K.M. Weiland lives in make-believe worlds, talks to imaginary friends, and survives primarily on chocolate truffles and espresso. She is the IPPY and NIEA Award-winning and internationally published author of the Amazon bestsellers Outlining Your Novel and Structuring Your Novel. She writes historical and speculative fiction from her home in western Nebraska and mentors authors on her award-winning website.

Comments

  1. Fantastic post with a lot of depth.

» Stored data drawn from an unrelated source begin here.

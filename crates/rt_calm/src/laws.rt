//! What lies ahead of replicas, and what takes of it. Each law stands on a function that does nothing: its clause is the law.
ghost use Rattle.std.specs.Prelude.{◌≡◌, ◌+◌, ◌*◌, ◌<◌, ◌≤◌, ◌⊎◌, ℕ, Bool, Contains, List, [], Ok, true, false, length, map};
ghost use Rattle.rt_base.specs.declared.numbers.Instance.{Instance};
ghost use Rattle.rt_base.specs.declared.numbers.Moment.{Moment};
ghost use Rattle.rt_base.specs.declared.numbers.Offset.{Offset};
ghost use Rattle.rt_base.specs.declared.numbers.Partition.{Partition};
ghost use Rattle.rt_base.specs.declared.numbers.Sequence.{Sequence};
ghost use Rattle.rt_commit.specs.Changes.{offline_changes};
ghost use Rattle.rt_macros.specs.Doing.{Reached};
ghost use Rattle.rt_macros.specs.Settling.{ExchangeTurn, ReplicasOfAll, Round, SegmentAt, Settles};
ghost use Rattle.rt_model.specs.Completion.{goes, is_late, longest_time, patience, react, Completion, IsBeforePick};
ghost use Rattle.rt_model.specs.Ideal.{commit_step_of, set_offline_of};
ghost use Rattle.rt_model.specs.Setup.{IsSetup};
ghost use Rattle.rt_model.specs.declared.completion.Ask.{Ask};
ghost use Rattle.rt_model.specs.declared.completion.Ask.TheVariants.{CommitStart, Consumed};
ghost use Rattle.rt_model.specs.declared.completion.Reaction.TheVariants.{Answer};
ghost use Rattle.rt_model.specs.declared.completion.Said.TheVariants.{CommitContinue, Hold};
ghost use Rattle.rt_model.specs.declared.ideal_state.IdealEntry.{IdealEntry};
ghost use Rattle.rt_model.specs.declared.machine_state.MachineState.TheVariants.{Aborted, CommitterNotified, CommitterUploading};
ghost use Rattle.rt_model.specs.declared.request.Reason.{Reason};
ghost use Rattle.rt_model.specs.declared.setup.Setup.{Setup};
ghost use Rattle.rt_safety.specs.Runs.{Runs, Turn};
ghost use Rattle.rt_state.specs.IsSafeWorld.{IsSafeWorld};
ghost use Rattle.rt_state.specs.declared.state.State.{State};
ghost use Rattle.rt_stream.specs.Log.{Log, messages_of};
ghost use Rattle.rt_heal.specs.AtRest.{AreUp};
ghost use Rattle.rt_heal.specs.Calm.{AreAllCalm};
ghost use Rattle.rt_calm.specs.Again.{ahead_still, IsLeading};
ghost use Rattle.rt_calm.specs.Ahead.{ahead_in_world, most_ahead, most_ahead_of};
ghost use Rattle.rt_calm.specs.Commits.{commits_of};
ghost use Rattle.rt_calm.specs.Off.{IsHeld, IsTurnedAway, PutsOff, Succeeds, Waits};
ghost use Rattle.rt_calm.specs.Spent.{consuming_in, most_of, rounds_in_all, rounds_yet, Spends};
ghost use Rattle.rt_calm.specs.Waiting.{GoesOn, HoldsOrStays, WaitsFor};

/// A machine that waits for its committer, from COMMIT to the end of its job, stays as it is whatever another replica asks, unless that
/// one is told HOLD; and the committer's CommitStart at its offset, up to the deadline, is told to go on. So a commit that goes on in
/// rounds in which nobody is told HOLD comes to its job.
#[tactic(auto, using(crate::proofs::Waiting::others_stay, crate::proofs::Waiting::own_starts))]
pub fn a_machine_waits_for_its_committer()
    ensures others { (m : Completion) (i : Instance) (what : Ask) (now : Moment) → WaitsFor m.state → (i.0 ≡ m.winner.0 → ⊥)
        → HoldsOrStays m (react m i what now) }
    ensures starts { (m : Completion) (now : Moment) → m.state ≡ CommitterNotified → is_late m now ≡ false → m.seen.meta.start.0 < m.offset.0
        → react m m.winner (CommitStart m.offset) now ≡ (Answer CommitContinue, goes m CommitterUploading) }
{}

/// What time does to a machine that makes replicas hold. Past its deadline it ends at the next message, which is told HOLD; and before a
/// pick it holds nobody any more once it has waited so long for the other reports: a report past the segment's start is told COMMIT, or
/// CATCH_UP to an offset ahead of it. No deadline is ever later than the longest time from now on (clause `lasts`).
#[tactic(auto, using(crate::proofs::Picking::late_ends, crate::proofs::Picking::waited_picks, crate::proofs::Lasting::react_lasts))]
pub fn a_machine_that_has_waited_picks_or_ends()
    ensures ends { (m : Completion) (i : Instance) (what : Ask) (now : Moment) → is_late m now ≡ true
        → react m i what now ≡ (Answer Hold, goes m Aborted) }
    ensures picks { (m : Completion) (i : Instance) (x : Offset) (reason : Reason) (now : Moment) → IsBeforePick m.state
        → m.made.0 + patience < now.0 → m.seen.meta.start.0 < x.0 → Contains (map (λ r. r.instance) m.reporters) i
        → GoesOn x (react m i (Consumed x reason) now).0 }
    ensures lasts { (m : Completion) (i : Instance) (what : Ask) (now : Moment) → m.made.0 ≤ now.0 → m.deadline.0 ≤ now.0 + longest_time
        → (react m i what now).1.deadline.0 ≤ now.0 + longest_time }
{}

/// In each run the exchange of a replica, as `settle` makes it, puts the replica off, by HOLD, NOT_LEADER or FAILED, or leaves less
/// ahead: what a controller answers fits what it was asked, and leads on. COMMIT and KEEP name the offset that was reported, and
/// CATCH_UP one ahead of it, so that a replica asks again only behind messages that it takes. Nothing is written but where a commit is
/// made, or a stop processed, or the replica put off; and whatever is written, a commit takes one of those that its partition's messages
/// leave, a stop that changes anything one of the CONSUMING entries, so that fewer writes are left.
pub fn an_answer_puts_off_or_leaves_less_ahead()
    ensures less { (setup : Setup) (turns : List Turn) (w : State) (v : Reached) (instance : Instance) (segment : SegmentAt) → IsSetup setup
        → Runs setup turns w → ExchangeTurn instance segment false w v (Ok true)
        → PutsOff v ⊎ (ahead_in_world v.world < ahead_in_world w) }
    ensures writes { (setup : Setup) (turns : List Turn) (w : State) (v : Reached) (instance : Instance) (segment : SegmentAt) (told : Bool)
        → IsSetup setup → Runs setup turns w → ExchangeTurn instance segment false w v (Ok told)
        → PutsOff v ⊎ Succeeds v ⊎ (v.world.store.writes ≡ w.store.writes) }
    ensures spends { (setup : Setup) (turns : List Turn) (w : State) (v : Reached) (instance : Instance) (segment : SegmentAt) (told : Bool)
        → IsSetup setup → Runs setup turns w → ExchangeTurn instance segment false w v (Ok told)
        → Spends w.setup w.log w.store.writes v.world.store.writes }
{}

/// In each run the replicas' part of a round of `settle` puts one of them off, or leaves less ahead if anything happened in it, whether
/// the run is paused or not: batches and builds do as exchanges do. So does a whole round where all servers are up, have seen the
/// present ideal state, and have nothing to move and no file to get, and no fault of the store is planned.
pub fn replicas_are_put_off_or_leave_less_ahead()
    ensures replicas { (setup : Setup) (turns : List Turn) (paused : Bool) (w : State) (v : Reached) → IsSetup setup → Runs setup turns w
        → ReplicasOfAll paused false w v (Ok true) → PutsOff v ⊎ (ahead_in_world v.world < ahead_in_world w) }
    ensures rounds { (setup : Setup) (turns : List Turn) (paused : Bool) (w : State) (v : Reached) → IsSetup setup → Runs setup turns w
        → AreUp w → w.store.faults.plan ≡ [] → AreAllCalm w → Round paused w v (Ok true)
        → PutsOff v ⊎ (ahead_in_world v.world < ahead_in_world w) }
{}

/// From any world of a run on in which all servers are up and no fault of a store is planned, one round of `settle` leaves each server
/// calm, unless it puts a replica off, or a commit is made or a stop processed in it. So `settle` answers `settled` as soon as it has two
/// rounds more than what lies ahead at most by the ideal state, unless a replica is told HOLD, NOT_LEADER or FAILED, COMMIT_SUCCESS or
/// PROCESSED. Replicas may ask as they like, catch up, begin to commit, keep and discard.
pub fn settle_ends_where_nobody_is_put_off_or_done()
    ensures calms { (setup : Setup) (turns : List Turn) (paused : Bool) (w : State) (v : Reached) (told : Bool) → IsSetup setup
        → Runs setup turns w → AreUp w → w.store.faults.plan ≡ [] → w.deep.faults.plan ≡ [] → Round paused w v (Ok told)
        → PutsOff v ⊎ Succeeds v ⊎ AreAllCalm v.world }
    ensures settles { (setup : Setup) (turns : List Turn) (paused : Bool) (rounds : ℕ) (w : State) (u : Reached) (settled : Bool)
        → IsSetup setup → Runs setup turns w → AreUp w → w.store.faults.plan ≡ [] → w.deep.faults.plan ≡ []
        → most_ahead w + 1 < rounds → Settles paused rounds w u (Ok settled) → PutsOff u ⊎ Succeeds u ⊎ (settled ≡ true) }
{}

/// A partition has at most as many commits as messages: their ranges tile its offsets from 0 on, those of deleted segments too, and
/// each holds one message at least. So commits are made but so often while nothing is produced.
#[tactic(auto, using(crate::proofs::Commits::commits_within))]
pub fn a_partition_has_at_most_as_many_commits_as_messages()
    ensures { (w : State) (p : Partition) → IsSafeWorld w → p.0 < w.setup.partitions
        → commits_of w.store.writes p ≤ length (messages_of w.log p) }
{}

/// A commit's step of the ideal state adds an entry for each replica of the next segment at most, and what can lie ahead of those; a stop's
/// step adds nothing, and where it changes anything one entry less is CONSUMING.
#[tactic(auto, using(crate::proofs::Entries::commit_most, crate::proofs::Entries::commit_consumes, crate::proofs::Entries::offline_most, crate::proofs::Entries::offline_consumes))]
pub fn a_step_of_the_ideal_state_adds_no_more_than_its_replicas()
    ensures commit { (log : Log) (es : List IdealEntry) (p : Partition) (s : Sequence) (next : List Instance)
        → most_ahead_of log (commit_step_of es p s next) ≤ length next * most_of log p + most_ahead_of log es }
    ensures consuming { (es : List IdealEntry) (p : Partition) (s : Sequence) (next : List Instance)
        → consuming_in (commit_step_of es p s next) ≤ length next + consuming_in es }
    ensures stop { (log : Log) (es : List IdealEntry) (p : Partition) (s : Sequence) (i : Instance)
        → most_ahead_of log (set_offline_of es p s i) ≡ most_ahead_of log es }
    ensures stopped { (p : Partition) (s : Sequence) (i : Instance) (es : List IdealEntry) → offline_changes es p s i ≡ true
        → consuming_in (set_offline_of es p s i) < consuming_in es }
{}

/// From any world of a run on in which all servers are up and no fault of a store is planned, `settle` answers `settled` as soon as it has
/// more rounds than `rounds_yet`, unless a replica is told HOLD, NOT_LEADER or FAILED. That number is made of the messages, the commits
/// and the ideal state: each commit that is left takes a message of its partition, and makes as many CONSUMING entries as there are
/// replicas; each of these can be turned OFFLINE once; and between two such writes all that lies ahead is done in as many rounds.
pub fn settle_ends_where_nobody_is_put_off()
    ensures { (setup : Setup) (turns : List Turn) (paused : Bool) (rounds : ℕ) (w : State) (u : Reached) (settled : Bool) → IsSetup setup
        → Runs setup turns w → AreUp w → w.store.faults.plan ≡ [] → w.deep.faults.plan ≡ []
        → rounds_yet w.setup w.log w.store.writes < rounds → Settles paused rounds w u (Ok settled) → PutsOff u ⊎ (settled ≡ true) }
{}

/// FAILED is paid for: in each run an exchange, as `settle` makes it, that writes nothing leaves less of what lies ahead and what may lie ahead
/// again, unless the replica is told HOLD, or NOT_LEADER where no controller that is up believes that it leads. All servers are up and calm,
/// and no fault of a store is planned. Something may lie ahead again of a committer for which its segment's machine doesn't wait, and of the
/// replicas of a segment whose machine has ended or has read another version of its node than the present one. COMMIT makes a machine wait
/// for its committer, and no other replica ends that but by HOLD; a machine that fails a job is gone with it, and one that is made has read
/// the present version.
pub fn an_answer_makes_wait_or_leaves_less_ahead_still()
    ensures { (setup : Setup) (turns : List Turn) (w : State) (v : Reached) (instance : Instance) (segment : SegmentAt) → IsSetup setup
        → Runs setup turns w → AreUp w → w.store.faults.plan ≡ [] → w.deep.faults.plan ≡ [] → AreAllCalm w
        → ExchangeTurn instance segment false w v (Ok true) → v.world.store.writes ≡ w.store.writes
        → Waits w v ⊎ (ahead_still v.world < ahead_still w) }
{}

/// So FAILED doesn't keep `settle` from ending: from any world of a run on in which all servers are up and no fault of a store is planned, it
/// answers `settled` as soon as it has more rounds than `rounds_in_all`, unless a replica is told HOLD or NOT_LEADER; and where a controller
/// that is up believes that it leads, unless one is told HOLD.
pub fn settle_ends_where_nobody_is_told_to_hold()
    ensures told { (setup : Setup) (turns : List Turn) (paused : Bool) (rounds : ℕ) (w : State) (u : Reached) (settled : Bool) → IsSetup setup
        → Runs setup turns w → AreUp w → w.store.faults.plan ≡ [] → w.deep.faults.plan ≡ []
        → rounds_in_all w.setup w.log w.store.writes < rounds → Settles paused rounds w u (Ok settled)
        → IsHeld u ⊎ IsTurnedAway u ⊎ (settled ≡ true) }
    ensures led { (setup : Setup) (turns : List Turn) (paused : Bool) (rounds : ℕ) (w : State) (u : Reached) (settled : Bool) → IsSetup setup
        → Runs setup turns w → AreUp w → w.store.faults.plan ≡ [] → w.deep.faults.plan ≡ [] → IsLeading w
        → rounds_in_all w.setup w.log w.store.writes < rounds → Settles paused rounds w u (Ok settled) → IsHeld u ⊎ (settled ≡ true) }
{}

This is one of my favorites among the many great ones. I especially like the five questions to ask ourselves about the type of conflict in the scene.

    Have a wonderful New Year!

  2. I’ll be refering back to your options for conflict in the future!

  3. A great example of forced conflict: We’ve been watching season 2 of Lost Girl on disc, and the writers keep contriving reasons for the MC to team up with her ex. It’s awkward because of their history and I think the writers did it to try to raise tension (will they get back together? etc) but the methods are so contrived that all it does is make us roll our eyes and say, “Here we go with that again”. The rest of the show is great so I’m putting up with it for now, but if this happened in a book I’d definitely be skipping around or giving up.

  4. @Martina: Glad you enjoyed it! I always find that having a list of questions to double check ourselves is useful.

  5. @Chihuahua: Thanks for stopping by!

  6. @Anjelica: TV shows often seem especially guilty of this. They need to drag their stories out as long as possible, which often leads to painful contrivances.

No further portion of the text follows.